(meteorobs) Sentinel Alert -Addendum

Chris Peterson clp at alumni.caltech.edu
Sat Nov 17 01:42:24 EST 2007


Hi Larry-

I can locate the terminal explosion of some fireballs to within a few 
hundred meters, but I'd consider a 100 square mile search area based on 
that alone to be excellent. Several hundred square miles would be more 
typical. The uncertainties of position during dark flight are huge.

Chris

*****************************************
Chris L Peterson
Cloudbait Observatory
http://www.cloudbait.com


----- Original Message ----- 
From: <stange34 at sbcglobal.net>
To: "Global Meteor Observing Forum" <meteorobs at meteorobs.org>
Sent: Friday, November 16, 2007 5:31 PM
Subject: Re: (meteorobs) Sentinel Alert -Addendum


> You are quite right George.
>
> In my short experience in Meteor/Fireball work, the opportunity to use 
> my
> personal hand-held detection equipment so far has not been realized.
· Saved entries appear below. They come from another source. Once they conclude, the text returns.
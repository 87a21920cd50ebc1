//! Strings of characters (X.690 8.23).

ghost use Rattle.std.specs.Prelude.{◌≡◌, ℕ, List, ◌*◌, ◌%◌, ◌<◌, ◌≤◌, ◌^◌, true, false, length};
ghost use Rattle.asn1_bits.specs.Bits.{bits};
ghost use Rattle.asn1_schema.specs.CharactersOfParts.{characters_of};
ghost use Rattle.asn1_schema.specs.Pieces.{Text};
ghost use Rattle.asn1_x690.specs.Der.{rows_of};
ghost use Rattle.asn1_x690.specs.Leaves.{width_of as width_in, AreCharacters, AreIn, IsText, leaf_of};
ghost use Rattle.asn1_x690_writers.specs.Put.{IsPut};
ghost use Rattle.asn1_x690_writers.specs.Texts.{AreWithin, ArePlain, IsTextWritten};
ghost use Rattle.asn1_x691_writers.specs.Put.{piece_in};

use crate::octets::put_span;
use crate::sizes::has_size;
use asn1_schema::{Characters, Codes, Length, MisfitKind, Part, Range, Rows};
use asn1_x690::CharacterSize;
use asn1_x690_leaves::are_in;
use asn1_x691_fields::{is_in, ranges_in};
use asn1_x691_writers::{Writer, first_character, other_characters, put_number, reject};

/// Returns how many bits a character has.
#[inline(always)]
fn width_of(characters: CharacterSize) -> usize
    ensures value { result ≡ width_in characters }
    ensures some { 0 < result }
    ensures whole { result % 8 ≡ 0 }
    ensures few { result ≤ 32 }
{
    match characters {
        CharacterSize::One => 8,
        CharacterSize::Two => 16,
        CharacterSize::Four => 32,
    }
}

/// Returns whether the characters of a part are numbers of `width` bits in the source, so that they are
/// written unchanged.
#[inline(always)]
pub(crate) fn are_plain(source: &[u8], width: usize, text: Characters) -> bool
    requires source { 8 * length source.now < 2 ^ 64 }
    requires some { 0 < width }
    ensures { result ≡ true → ArePlain source.now width text }
{
    if text.codes != Codes::Numbers || text.width != width {
        return false;
    }
    let size = 8 * source.len();
    text.at <= size && text.count <= (size - text.at) / width
}

/// Returns whether the characters of a part are all in an alphabet, and below 2^`width`.
fn are_permitted(
    source: &[u8],
    table: &[Range],
    width: usize,
    ranges: &[Range],
    text: Characters,
) -> bool
    requires source { 8 * length source.now < 2 ^ 64 }
    requires some { 0 < width }
    requires few { width ≤ 32 }
    ensures alphabet { result ≡ true → AreIn ranges.now (characters_of table.now (bits source.now) text) }
    ensures below { result ≡ true → AreWithin width (characters_of table.now (bits source.now) text) }
    ensures no { result ≡ false → AreIn ranges.now (characters_of table.now (bits source.now) text)
        → AreWithin width (characters_of table.now (bits source.now) text) → ⊥ }
{
    if are_plain(source, width, text) {
        return are_in(source, text, ranges);
    }
    are_all_permitted(source, table, width, ranges, text)
}

/// Returns the same, one character after another.
fn are_all_permitted(
    source: &[u8],
    table: &[Range],
    width: usize,
    ranges: &[Range],
    text: Characters,
) -> bool
    requires source { 8 * length source.now < 2 ^ 64 }
    requires few { width ≤ 32 }
    ensures alphabet { result ≡ true → AreIn ranges.now (characters_of table.now (bits source.now) text) }
    ensures below { result ≡ true → AreWithin width (characters_of table.now (bits source.now) text) }
    ensures no { result ≡ false → AreIn ranges.now (characters_of table.now (bits source.now) text)
        → AreWithin width (characters_of table.now (bits source.now) text) → ⊥ }
{
    let mut left = text;
    while left.count > 0 {
        let character = first_character(source, table, left);
        if character >= 1u64 << width {
            return false;
        }
        if !is_in(ranges, character as u128) {
            return false;
        }
        left = other_characters(left);
    }
    true
}

/// Returns whether the characters of a part are a value of a type, and below 2^`width`. With an
/// extension marker they are those of the type without its constraint, and there may be any number.
fn is_text(
    source: &[u8],
    table: &[Range],
    width: usize,
    size: Length,
    is_extensible: bool,
    alphabet: Rows,
    whole: Rows,
    text: Characters,
) -> bool
    requires source { 8 * length source.now < 2 ^ 64 }
    requires some { 0 < width }
    requires few { width ≤ 32 }
    ensures yes { result ≡ true → IsText is_extensible size (rows_of table.now alphabet) (rows_of table.now whole)
        (characters_of table.now (bits source.now) text) }
    ensures below { result ≡ true → AreWithin width (characters_of table.now (bits source.now) text) }
    ensures no { result ≡ false → IsText is_extensible size (rows_of table.now alphabet) (rows_of table.now whole)
        (characters_of table.now (bits source.now) text) → AreWithin width (characters_of table.now (bits source.now) text) → ⊥ }
{
    if is_extensible {
        return are_permitted(source, table, width, ranges_in(table, whole), text);
    }
    if !has_size(size, false, text.count) {
        return false;
    }
    are_permitted(source, table, width, ranges_in(table, alphabet), text)
}

/// Writes the characters of a part, each as a number of `width` bits. Returns the index after them.
#[inline(always)]
pub(crate) fn put_characters(
    octets: &mut [u8],
    at: usize,
    width: usize,
    source: &[u8],
    table: &[Range],
    text: Characters,
) -> usize
    requires size { 8 * length octets.old < 2 ^ 64 }
    requires source { 8 * length source.now < 2 ^ 64 }
    requires some { 0 < width }
    requires few { width ≤ 32 }
    requires whole { width % 8 ≡ 0 }
    requires below { AreWithin width (characters_of table.now (bits source.now) text) }
    ensures { IsTextWritten width (characters_of table.now (bits source.now) text) octets.old at octets.new result }
{
    if are_plain(source, width, text) {
        return put_span(octets, at, source, text.at, width * text.count);
    }
    put_each_character(octets, at, width, source, table, text)
}

/// Writes the characters of a part one after another.
fn put_each_character(
    octets: &mut [u8],
    at: usize,
    width: usize,
    source: &[u8],
    table: &[Range],
    text: Characters,
) -> usize
    requires size { 8 * length octets.old < 2 ^ 64 }
    requires source { 8 * length source.now < 2 ^ 64 }
    requires few { width ≤ 32 }
    requires whole { width % 8 ≡ 0 }
    requires below { AreWithin width (characters_of table.now (bits source.now) text) }
    ensures { IsTextWritten width (characters_of table.now (bits source.now) text) octets.old at octets.new result }
{
    let mut next = at;
    let mut left = text;
    while left.count > 0 {
        let character = first_character(source, table, left);
        next = put_number(octets, next, character, width);
        left = other_characters(left);
    }
    next
}

/// Writes characters of a size and an alphabet that the constraint permits, in as many octets as
/// each has. The alphabets are rows of a table of ranges.
pub(crate) fn put_text(
    octets: &mut [u8],
    table: &[Range],
    characters: CharacterSize,
    size: Length,
    is_extensible: bool,
    alphabet: Rows,
    whole: Rows,
    source: &[u8],
    part: Part,
    node: usize,
    state: &mut Writer,
) -> bool
    requires size { 8 * length octets.old < 2 ^ 64 }
    requires source { 8 * length source.now < 2 ^ 64 }
    ensures { IsPut ⊥ (leaf_of (AreCharacters (width_in characters)) (IsText is_extensible size (rows_of table.now alphabet) (rows_of table.now whole)) Text node)
        (piece_in table.now source.now part) octets.old state.old octets.new state.new result }
{
    match part {
        Part::Text(text) => {
            let width = width_of(characters);
            if !is_text(
                source,
                table,
                width,
                size,
                is_extensible,
                alphabet,
                whole,
                text,
            ) {
                return reject(state, node, MisfitKind::NoEncoding);
            }
            state.at = put_characters(octets, state.at, width, source, table, text);
            true
        }
        _ => reject(state, node, MisfitKind::OtherPart),
    }
}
I 
> know
> better than to attempt recovery in broken high altitude terrain.
>
> Perhaps a rollng hills or desert  terrain will allow an attempt if it 
> is
> fairly close by and is trianglulated with enough accuracy to resolve 
> the
> fall area to <5 square miles. I am accustomed to search using a 
> visibly
> aligned or flagged grid pattern. It is the ONLY way to insure some 
> measure
> of success. Otherwise it is just a random chance encounter.